# Above ground vs. below ground public transportation



## trainrover (May 6, 2006)

You gotta admit: There must be something not all that right with a place if you find yourself having to turf yourself just to get somewhere, no?


----------



## Svartmetall (Aug 5, 2007)

NihonKitty said:


> Then what do you call this scene from Tokyo I filmed* today*?
> 
> 
> 
> ...


Ahhh, Hachikō crossing! I loved being there and just sitting back watching people milling around. It was ALWAYS busy whenever I went there, I don't think I ever saw it quiet!


----------



## ukiyo (Aug 5, 2008)

Lol it was actually alot busier during the day time. It just looks nicer at night 

I love shibuya, I am sort of a gyaru (but not really) 

BTW svartmetall since you've been to Tokyo and I am sure you've been to London (another wonderful city) what is your take on city life being a myth?


----------



## Svartmetall (Aug 5, 2007)

NihonKitty said:


> Lol it was actually alot busier during the day time. It just looks nicer at night
> 
> I love shibuya, I am sort of a gyaru (but not really)
> 
> BTW svartmetall since you've been to Tokyo and I am sure you've been to London (another wonderful city) what is your take on city life being a myth?


Haha, I lived most of my life an hours train ride just north of London so I spent a lot of time there indeed.  I've also recently been to your home town too and again found it very busy and full of pedestrian life - heck even Kyoto was very, very busy! I also bet I saw lots of "your type" of people when I had a quick browse around places like 109 when I was there. 

I pretty much disagree with every single statement that comes from the keyboard of Suburbanist. I've never seen such mindless drivel in my entire life. I love the buzz and the vibrancy attached to being in a throng of people. When a city lacks street activity you don't see unique things like the Harajuku girls, the buskers, the street performers or indeed have a chance to just people-watch, which, when in a city, is a surprisingly fun way to pass time. Holing people up in metal boxes on a highway is the quickest way to make people selfish, insular, less community minded and, quite frankly, dull.


----------



## ukiyo (Aug 5, 2008)

I think suburbanist really needs to spend time in Tokyo, Osaka, Nagoya, Seoul, Singapore, London, NYC, Paris etc. If city life doesnt exist then what are these cities doing??!?!?

BTW my "type" is the sexiest and doesn't exist in the suburbs 
(before someone replies to this seriously it's a joke..)


----------



## earthJoker (Dec 15, 2004)

NihonKitty said:


> I think suburbanist really needs to spend time in Tokyo, Osaka, Nagoya, Seoul, Singapore, London, NYC, Paris etc. If city life doesnt exist then what are these cities doing??!?!?
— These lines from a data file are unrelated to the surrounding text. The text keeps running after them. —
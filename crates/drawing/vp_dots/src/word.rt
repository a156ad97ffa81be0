//! Words of 64 dots, the leftmost in the highest bit: cut out of rows of bytes, and painted on them.
ghost use Rattle.std.specs.Prelude.{◌≡◌, ℕ, ◌+◌, ◌-◌, ◌*◌, ◌/◌, ◌<◌, ◌≤◌, ◌^◌, nat_lt, nat_le, ◌&&◌, false, length};
ghost use Rattle.vp_dots.specs.Dots.{bit, dot, shifted};
ghost use Rattle.vp_dots.specs.Painting.{paint, Painted};
ghost use Rattle.vp_dots.specs.declared.word.TheConstants.{NARROW};
ghost use Rattle.vp_dots.specs.Words.{word_dot};

use crate::Op;
use crate::kernel::{or_into, paint_into};
use crate::span::paint_masked;
use std::simd::u8x8;

/// The most dots of a row for which eight bytes have room wherever it begins.
pub const NARROW: u32 = 57;

/// The word with the operation applied where the ink is black.
#[inline(always)]
fn painted_word(op: Op, word: u64, ink: u64) -> u64
    ensures { (k : ℕ) → k < 64 → bit result k ≡ paint op (bit ink k) (bit word k) }
{
    match op {
        Op::Black => word | ink,
        Op::White => word & !ink,
        Op::Flip => word ^ ink,
    }
}

/// Applies the operation to eight bytes of the row, from byte i on, where the word is black.
// The compiler joins the eight bytes that are written to one word.
#[inline(always)]
fn paint_eight(op: Op, word: u64, i: usize, row: &mut [u8])
    requires { i + 8 ≤ length row.old }
    ensures { Painted op (λ d. nat_le (8 * i) d && word_dot word (d - 8 * i)) row.old row.new }
{
    let new = painted_word(op, eight_at(row, i), word);
    for j in 0..8usize {
        row[i + j] = (new >> (56 - 8 * j) & 255) as u8;
    }
}

/// The dots that a word loses when it moves s dots to the right.
#[inline(always)]
fn lost(word: u64, s: u32) -> u8
    requires { s < 8 }
    ensures { (k : ℕ) → k < 8 → bit result k ≡ (nat_le (8 - s) k && bit word (k - (8 - s))) }
{
    (((word & 255) * 256) >> s & 255) as u8
}

/// Applies the operation to the dots d of the row where dot d - far of the word
/// is black: the row has room for nine bytes.
#[inline(always)]
fn paint_inside(op: Op, word: u64, far: u64, row: &mut [u8])
    requires { far / 8 + 9 ≤ length row.old }
    ensures { Painted op (λ d. nat_le far d && word_dot word (d - far)) row.old row.new }
{
    let s = (far % 8) as u32;
    paint_eight(op, word >> s, (far / 8) as usize, row);
    paint_masked(op, lost(word, s), far / 8 + 8, row);
}

/// Applies the operation to the dots d of the row where dot d - at of the word is black.
#[inline(always)]
pub fn paint_word(op: Op, word: u64, at: i64, row: &mut [u8])
    ensures { Painted op (shifted at (word_dot word)) row.old row.new }
{
    if at >= 0 && at.unsigned_abs() / 8 + 9 <= row.len() as u64 {
        paint_inside(op, word, at.unsigned_abs(), row);
    } else {
        paint_into(op, &word.to_be_bytes(), at, row);
    }
}

/// Applies the operation to the dots d of the row where dot d - at of the word is black: of a word of so few
/// dots that eight bytes have room for them wherever the first one falls.
#[inline(always)]
pub fn paint_narrow(op: Op, word: u64, at: usize, row: &mut [u8])
    requires narrow { (x : ℕ) → NARROW ≤ x → word_dot word x ≡ false }
    requires at { at < 2 ^ 63 }
    ensures { Painted op (λ d. nat_le at d && word_dot word (d - at)) row.old row.new }
{
    let i = at / 8;
    if i + 8 <= row.len() {
        paint_eight(op, word >> (at % 8), i, row);
    } else {
        paint_into(op, &word.to_be_bytes(), at as i64, row);
    }
}

/// Eight bytes as a word.
#[inline(always)]
pub fn word_of(bytes: &[u8; 8]) -> u64
    ensures { (x : ℕ) → word_dot result x ≡ dot bytes.now x }
{
    u64::from_be_bytes(*bytes)
}

/// Eight bytes of the row, from byte i on.
#[inline(always)]
pub fn eight_at(row: &[u8], i: usize) -> u64
    requires { i + 8 ≤ length row.now }
    ensures { (x : ℕ) → x < 64 → word_dot result x ≡ dot row.now (8 * i + x) }
{
    word_of(&u8x8::from_slice(&row[i..]).to_array())
}

/// The 64 dots from one of the row's dots on, near the row's end.
#[inline(never)]
fn word_at_end(row: &[u8], from: usize) -> u64
    requires { from < 2 ^ 63 }
    ensures { (x : ℕ) → x < 64 → word_dot result x ≡ dot row.now (from + x) }
{
    let mut bytes = [0; 8];
    or_into(row, -(from as i64), &mut bytes);
    word_of(&bytes)
}

/// The 64 dots from one of the row's dots on, white past its end.
#[inline(always)]
pub fn word_at(row: &[u8], from: usize) -> u64
    requires { from < 2 ^ 63 }
    ensures { (x : ℕ) → x < 64 → word_dot result x ≡ dot row.now (from + x) }
{
    let i = from / 8;
    let s = from % 8;
    if i + 9 <= row.len() {
        (eight_at(row, i) << s) | (u64::from(row[i + 8]) >> (8 - s))
    } else {
        word_at_end(row, from)
    }
}

/// A word with its first n dots black.
#[inline(always)]
pub fn first_dots(n: u32) -> u64
    requires { n ≤ 64 }
    ensures { (x : ℕ) → word_dot result x ≡ nat_lt x n }
{
    if n == 64 { u64::MAX } else { !(u64::MAX >> n) }
}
Do you really think that would change his mind? He prefers a car based society, and his posts are always based on this opinion.


----------



## goonsta (Sep 11, 2002)

Well, the irony of that is that every suburb, or groups of suburbs in America has a mall as a meeting place, which is a bustling imitation of a city. Matter of fact, if any pattern of development is forcing you to meet somewhere in a common area, its a mall, whereas cities have crossings and plazas that grow naturally.


----------



## Suburbanist (Dec 25, 2009)

goonsta said:


> Well, the irony of that is that every suburb, or groups of suburbs in America has a mall as a meeting place, which is a bustling imitation of a city. Matter of fact, if any pattern of development is forcing you to meet somewhere in a common area, its a mall, whereas cities have crossings and plazas that grow naturally.


Even if that could be the case, a mall is a far more sterile and safe environment than a curbside. You don't have random people begging you for money, if some artist is performing, it is likely that safety regulations and proper assessment of family-fitness of the performance have been assessed by the mall admin. The most annoying it can get is teens roaming around and speaking loudly. But you don't have junkies, homeless beggars, depressive people trying to squeeze money playing an instrument, and so on.

A mall is a social space, but a sort of reduced-nuisances one. If you want more edge interaction, you can go to a pub or a club. If you want leisure, you go to a resort. If you want a glimpse of glamour, you go to a green play golf. In any of these cases, you can pretty much avoid encountering, interacting and facing situations, people-types and interactions you don't want. You have more control over your own life, and you can far more easily avoid what you want to avoid than if you had all this activities concentrated in public spaces where people mix with each other just because they are crossing each other's path.

What could be more invasive of your personal space than, while going from your workplace to your girlfriend's home, having to share a cramped subway with people you don't care, maybe you don't want around, and that keep invading your personal space because of the design of mass transit, for instance?

It's the same parallel I make between the advantages of rural or quasi-rural university campuses over ones that are spread in a city without any specific and distinct identity from the jurisdiction (city) where they happen to be placed.


----------



## gonzo (Jul 30, 2006)

^You're more likely to encounter negative things in street scenes but you're also more like to see new and interesting things aswell.

The elements of surprise, spontaneity and variety usually appeal to most humans.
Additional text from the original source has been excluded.